Employee Benefit Trusts, National Insurance Contributions and County Court Action

The Inland Revenue (now HMRC) recognised the existence of Employee Benefit Trusts (EBTs) for many years. However, we only identified relatively recently that a significant number of employers had been contributing money to EBTs for the purpose of funding the payment of remuneration and provision of benefits to employees using arrangements designed to mitigate liability to pay National Insurance Contributions (NIC).

Around the same time, the Inland Revenue received legal advice on the effect of the Limitation Act 1980 in the context of recovery of NIC in circumstances where liability is either disputed or not disclosed because the employer contends that there is none. That advice caused a reappraisal of the Department's approach.

Protective claims for unspecified amounts

From existing enquiries, the Inland Revenue was aware of approximately 400 instances of employers having paid significant contributions to EBTs during the tax years 1997/98 and 1998/99. Potentially, the monies contributed may have been used to pay remuneration or provide benefits but we did not have sufficient information to be satisfied that any NIC liability due in that respect had been properly accounted for. Our legal advice was that for cases where NIC liability might relate to a payment made almost 6 years earlier the Inland Revenue should act to preserve our right to enforce recovery.

The only option to achieve this was to issue protective claims in the County Court involving unspecified amounts. Once a claim is issued, the Court rules provide a maximum of 4 months in which to serve the claim form with particulars of the claim.
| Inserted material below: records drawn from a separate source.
//! Laws of what is told at the end of a connection. Each is the contract of a function that does nothing: a caller that
//! needs the law calls the function.

ghost use Rattle.std.specs.Prelude.{◌≡◌, ◌≢◌, ◌↔◌, ◌⊎◌, ◌≤◌, ◌<◌, false, true, ℕ, Bool, List, [], ◌∷◌, ◌++◌, All, length, take, Some};
ghost use Rattle.boot_core.specs.declared.boot.Start.{Start};
ghost use Rattle.container_core.specs.History.{entries_in};
ghost use Rattle.container_core.specs.declared.history.Event.{Event};
ghost use Rattle.crash_base.specs.declared.numbers.Place.{Place};
ghost use Rattle.http_wire.specs.declared.taken.Head.{Head};
ghost use Rattle.outcome_items.specs.Traces.{is_outside};
ghost use Rattle.outcome_items.specs.declared.item.Item.{Item};
ghost use Rattle.outcome_items.specs.declared.outcome.ItemOutcome.TheVariants as item;
ghost use Rattle.outside.specs.declared.link.LinkCounts.{LinkCounts};
ghost use Rattle.send_windows.specs.Windows.{WindowsValue};
ghost use Rattle.send_windows.specs.declared.fact.WindowFact.{WindowFact};
ghost use Rattle.send_windows.specs.declared.history.WindowMark.{WindowMark};
ghost use Rattle.served_items.specs.Attributing.{Service};
ghost use Rattle.served_items.specs.Counting.{AreReached};
ghost use Rattle.served_items.specs.Served.{committed_at};
ghost use Rattle.shepherd.specs.Shepherds.{has_item, turn};
ghost use Rattle.shepherd.specs.Steps.{GivesBack, HasLeftIfOpen, PutsOut, TakesItem, dropped_stage};
ghost use Rattle.shepherd.specs.declared.shepherd.EndKind.{EndKind};
ghost use Rattle.shepherd.specs.declared.shepherd.Shepherd.{Shepherd};
ghost use Rattle.shepherd.specs.declared.shepherd.Stage.{Stage};
ghost use Rattle.site_responses.specs.declared.answer.Untaken.{Untaken};
ghost use Rattle.served_connections.specs.Courses.{Begun, Course, begun_behind};
ghost use Rattle.served_connections.specs.Resting.{HasLeftAll, Rests, last_at};
ghost use Rattle.served_connections.specs.Serving.{Serves};
ghost use Rattle.served_connections.specs.Stopping.{HoldsNothing, ServesSoFar};
ghost use Rattle.served_connections.specs.Telling.{HasEnded, HasServed, HasServedToHere, HasServedWhole, HasStopped};

use call_ticket::Program;
use outside::{Link, Random, Serials};
use request_visit::requests_account_for_their_events;
use served_items::items_tell_what_was_served;
use shepherd::{
    ProgramMaker, ShepherdTurn, items_are_for_requests_in_order, items_tell_what_was_added,
    responses_are_to_their_items, stopped_connections_account_for_what_they_left,
};

/// What was served over a connection, at an end. Where no request is open and nothing is to leave, it has served the
/// first requests of its bytes whole (`rested`); where bytes are to come, all of those that came (`waits`); and where
/// it has ended, all of them (`ended`). So nothing stands behind its responses where it rests but the last one of what
/// is refused, where it has ended there (`behind`). Where memory was wanted, and what it held was given back, it has
/// served the first requests, and may have done something for one more, whose item is not left (`stopped`); so it has
/// where it did nothing for another one (`nothing_more`).
pub fn courses_tell_what_was_served<
    P: Program,
    L: Link,
    M: ProgramMaker<P>,
    R: Random,
    S: Serials,
>()
    ensures rested { (service : Service M) (start : Start) (begun : Begun) (history : List Event)
        (counts : LinkCounts) (now : ℕ) (c : Course) (s : Shepherd P) → Rests s.stage
        → Serves P.accepts P.asks L.makes M.makes R.gives S.looks service start begun history counts now c s
        → HasServedWhole P.asks L.makes M.makes R.gives S.looks service start begun history now c (last_at s.stage) }
    ensures ended { (service : Service M) (start : Start) (begun : Begun) (history : List Event)
        (counts : LinkCounts) (now : ℕ) (c : Course) (s : Shepherd P) (end : EndKind)
        → turn s ≡ ShepherdTurn.Ended end
        → Serves P.accepts P.asks L.makes M.makes R.gives S.looks service start begun history counts now c s
        → HasEnded P.asks L.makes M.makes R.gives S.looks service start begun history now c end }
    ensures waits { (service : Service M) (start : Start) (begun : Begun) (history : List Event) (counts : LinkCounts)
        (now : ℕ) (c : Course) (s : Shepherd P) → turn s ≡ ShepherdTurn.Bytes
        → Serves P.accepts P.asks L.makes M.makes R.gives S.looks service start begun history counts now c s
        → HasServedToHere P.asks L.makes M.makes R.gives S.looks service start begun history now c }
    ensures behind { (service : Service M) (start : Start) (begun : Begun) (history : List Event)
        (counts : LinkCounts) (now : ℕ) (c : Course) (s : Shepherd P) → Rests s.stage
        → Serves P.accepts P.asks L.makes M.makes R.gives S.looks service start begun history counts now c s
        → HasServedWhole P.asks L.makes M.makes R.gives S.looks service start begun history now c []
        ⊎ ((why : Untaken) × HasEnded P.asks L.makes M.makes R.gives S.looks service start begun history now c
        (EndKind.Refused why)) }
    ensures stopped { (service : Service M) (start : Start) (begun : Begun) (history : List Event)
        (counts : LinkCounts) (now : ℕ) (c : Course) (s : Shepherd P) → HoldsNothing s.stage
        → has_item s.stage ≡ false
        → ServesSoFar P.accepts P.asks L.makes M.makes R.gives S.looks service start begun history counts now c s
        → HasStopped P.asks L.makes M.makes R.gives S.looks service start begun history now c }
    ensures nothing_more { (service : Service M) (start : Start) (begun : Begun) (history : List Event) (now : ℕ)
        (c : Course)
        → HasServedWhole P.asks L.makes M.makes R.gives S.looks service start begun history now c []
        → HasStopped P.asks L.makes M.makes R.gives S.looks service start begun history now c }
{
    items_are_for_requests_in_order::<P>();
    items_tell_what_was_added::<P, L>();
    items_tell_what_was_served::<P, L, M, R, S>();
    requests_account_for_their_events::<P>();
    responses_are_to_their_items::<P>();
    stopped_connections_account_for_what_they_left::<P, L>();
}

/// Nothing that a connection tells is older than its begin. It begins behind all events of the history so far, all
/// their entries, the moment, and what its link has counted (`begun`); a link counts on where neither count falls
/// (`risen`). A request for which the container was held met at least the entries that there were when the connection
/// began (`seen`). It was held for exactly those that were decided in it (`held`); the journal had as many entries at
/// the last hold as the item's front says (`front`), and the entry that an item names is one of them (`named`).
pub fn items_are_no_older_than_their_connection<
    P: Program,
    L: Link,
    M: ProgramMaker<P>,
    R: Random,
    S: Serials,
>()
    ensures begun { (history : List Event) (now : ℕ) (counts : LinkCounts)
        → ((begun_behind history now counts).events ≡ length history)
        × ((begun_behind history now counts).entries ≡ length (entries_in history))
        × ((begun_behind history now counts).moment ≡ now) × ((begun_behind history now counts).counts ≡ counts) }
    ensures risen { (counts later : LinkCounts)
        → AreReached counts later ↔ ((counts.hushed ≤ later.hushed) × (counts.got ≤ later.got)) }
    ensures seen { (service : Service M) (start : Start) (begun : Begun) (history : List Event) (now : ℕ) (c : Course)
        (opened : List Head) (last : List ℕ) (own : List Event) (marks : List WindowMark)
        → HasServed P.asks L.makes M.makes R.gives S.looks service start begun history now c opened last own marks
        → All (λ (i : Item). i.holds.held ≢ 0 → begun.entries ≤ i.holds.from.0) c.items }
    ensures held { (service : Service M) (start : Start) (begun : Begun) (history : List Event) (now : ℕ) (c : Course)
        (opened : List Head) (last : List ℕ) (own : List Event) (marks : List WindowMark)
        → HasServed P.asks L.makes M.makes R.gives S.looks service start begun history now c opened last own marks
        → All (λ (i : Item). (i.holds.held ≡ 0) ↔ (is_outside i.outcome ≡ true)) c.items }
    ensures front { (service : Service M) (start : Start) (begun : Begun) (history : List Event) (now : ℕ) (c : Course)
        (opened : List Head) (last : List ℕ) (own : List Event) (marks : List WindowMark)
        → HasServed P.asks L.makes M.makes R.gives S.looks service start begun history now c opened last own marks
        → All (λ (i : Item). i.holds.held ≢ 0 → length (entries_in (take i.holds.held history)) ≡ i.holds.front.0)
        c.items }
    ensures named { (service : Service M) (start : Start) (begun : Begun) (history : List Event) (now : ℕ) (c : Course)
        (opened : List Head) (last : List ℕ) (own : List Event) (marks : List WindowMark)
        → HasServed P.asks L.makes M.makes R.gives S.looks service start begun history now c opened last own marks
        → All (λ (i : Item). (place : Place) → committed_at i.outcome ≡ Some place → place.0 < i.holds.front.0)
        c.items }
{}

/// Each serial number that an item of a connection tells of as spent was looked at for it: it is one of those that its
/// course tells of.
pub fn spent_serials_were_looked_at<
    P: Program,
    L: Link,
    M: ProgramMaker<P>,
    R: Random,
    S: Serials,
>()
    ensures { (service : Service M) (start : Start) (begun : Begun) (history : List Event) (now : ℕ) (c : Course)
        (opened : List Head) (last : List ℕ) (own : List Event) (marks : List WindowMark)
        → HasServed P.asks L.makes M.makes R.gives S.looks service start begun history now c opened last own marks
        → All (λ (i : Item). (seen : ℕ) → i.outcome ≡ item.SerialsSpent seen
        → (before : List ℕ) × (behind : List ℕ) × (c.looked ≡ before ++ seen ∷ behind)) c.items }
{}

/// Each list of full windows that an item of a connection tells of was found so where passes were refused: it is one of
/// those that its course tells of.
pub fn full_windows_were_found<P: Program, L: Link, M: ProgramMaker<P>, R: Random, S: Serials>()
    ensures { (service : Service M) (start : Start) (begun : Begun) (history : List Event) (now : ℕ) (c : Course)
        (opened : List Head) (last : List ℕ) (own : List Event) (marks : List WindowMark)
        → HasServed P.asks L.makes M.makes R.gives S.looks service start begun history now c opened last own marks
        → All (λ (i : Item). (place : Place) (again : Bool) (full : List WindowFact)
        → i.outcome ≡ item.Overload place again full
        → (before : List (List WindowFact)) × (behind : List (List WindowFact))
        × (c.full ≡ before ++ full ∷ behind)) c.items }
{}

/// A connection comes to rest. The response of its open request has left, if one is open, and nothing else is to leave:
/// where bytes are to come, where it has ended, where a response was put out, and where an item was taken; and it stays
/// so where its call is given up (`dropped`). Where its passes are given back then, its item is left, or it rests
/// (`back`); and it rests behind an item (`rests`). Where it rests, it holds neither a call nor passes (`still`,
/// `kept`).
pub fn connections_come_to_rest<P>()
    ensures bytes { (s : Shepherd P) → turn s ≡ ShepherdTurn.Bytes → HasLeftAll s.stage }
    ensures ended { (s : Shepherd P) (end : EndKind) → turn s ≡ ShepherdTurn.Ended end → s.wants_memory ≡ false
        → HasLeftAll s.stage }
    ensures out { (bytes : List ℕ) (s : Shepherd P) (after : Stage P) → turn s ≡ ShepherdTurn.Output
        → PutsOut s.stage bytes after → HasLeftAll after }
    ensures item { (i : Item) (stage after : Stage P) → TakesItem stage i after → HasLeftAll after }
    ensures dropped { (stage : Stage P) → HasLeftAll stage → HasLeftAll (dropped_stage stage) }
    ensures left { (stage : Stage P) → HasLeftAll stage → HasLeftIfOpen stage }
    ensures back { (stage behind : Stage P) (windows after : WindowsValue) → HasLeftAll stage
        → GivesBack stage windows behind after → has_item behind ≡ false → Rests behind }
    ensures rests { (i : Item) (stage after : Stage P) → TakesItem stage i after → Rests after }
    ensures rests_at_bytes { (s : Shepherd P) → turn s ≡ ShepherdTurn.Bytes → Rests s.stage }
    ensures rests_at_end { (s : Shepherd P) (end : EndKind) → turn s ≡ ShepherdTurn.Ended end
        → s.wants_memory ≡ false → Rests s.stage }
    ensures still { (stage : Stage P) → Rests stage → dropped_stage stage ≡ stage }
    ensures kept { (stage behind : Stage P) (windows after : WindowsValue) → Rests stage
        → GivesBack stage windows behind after → (behind ≡ stage) × (after ≡ windows) }
{}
During that time, HMRC made every effort to specify the amount of the claim so that we could serve the claim form showing particulars of claim based on full information before the Court deadline; but in some cases we had to serve the claim form with particulars of claim that were based on an estimate.

Court Costs

HMRC only takes protective claim action shortly before the sixth anniversary of the earliest date on which the NIC liability fell due. If we are aware of unpaid NIC liability in subsequent years, HMRC will usually include those amounts in the protective claim.

At the time the Inland Revenue lodged protective claims in the County Court the fee for a claim for an unspecified amount was £800 (from 4 January 2005 it was increased to £1,700). It is non returnable. Therefore, although the action was necessary in respect of the possibility that there was unpaid NIC liability for the tax years 1997/98 and 1998/99, our advice was to ensure that the claim covered all completed tax years at the date of the action.

For any case where the Inland Revenue subsequently took the view that in any of the years covered by the unspecified claim there is unpaid NIC liability, we were required to serve the claim on the defendant. As the Inland Revenue has incurred the court cost of £800, that is the amount we are seeking to recover as part of the revised claim.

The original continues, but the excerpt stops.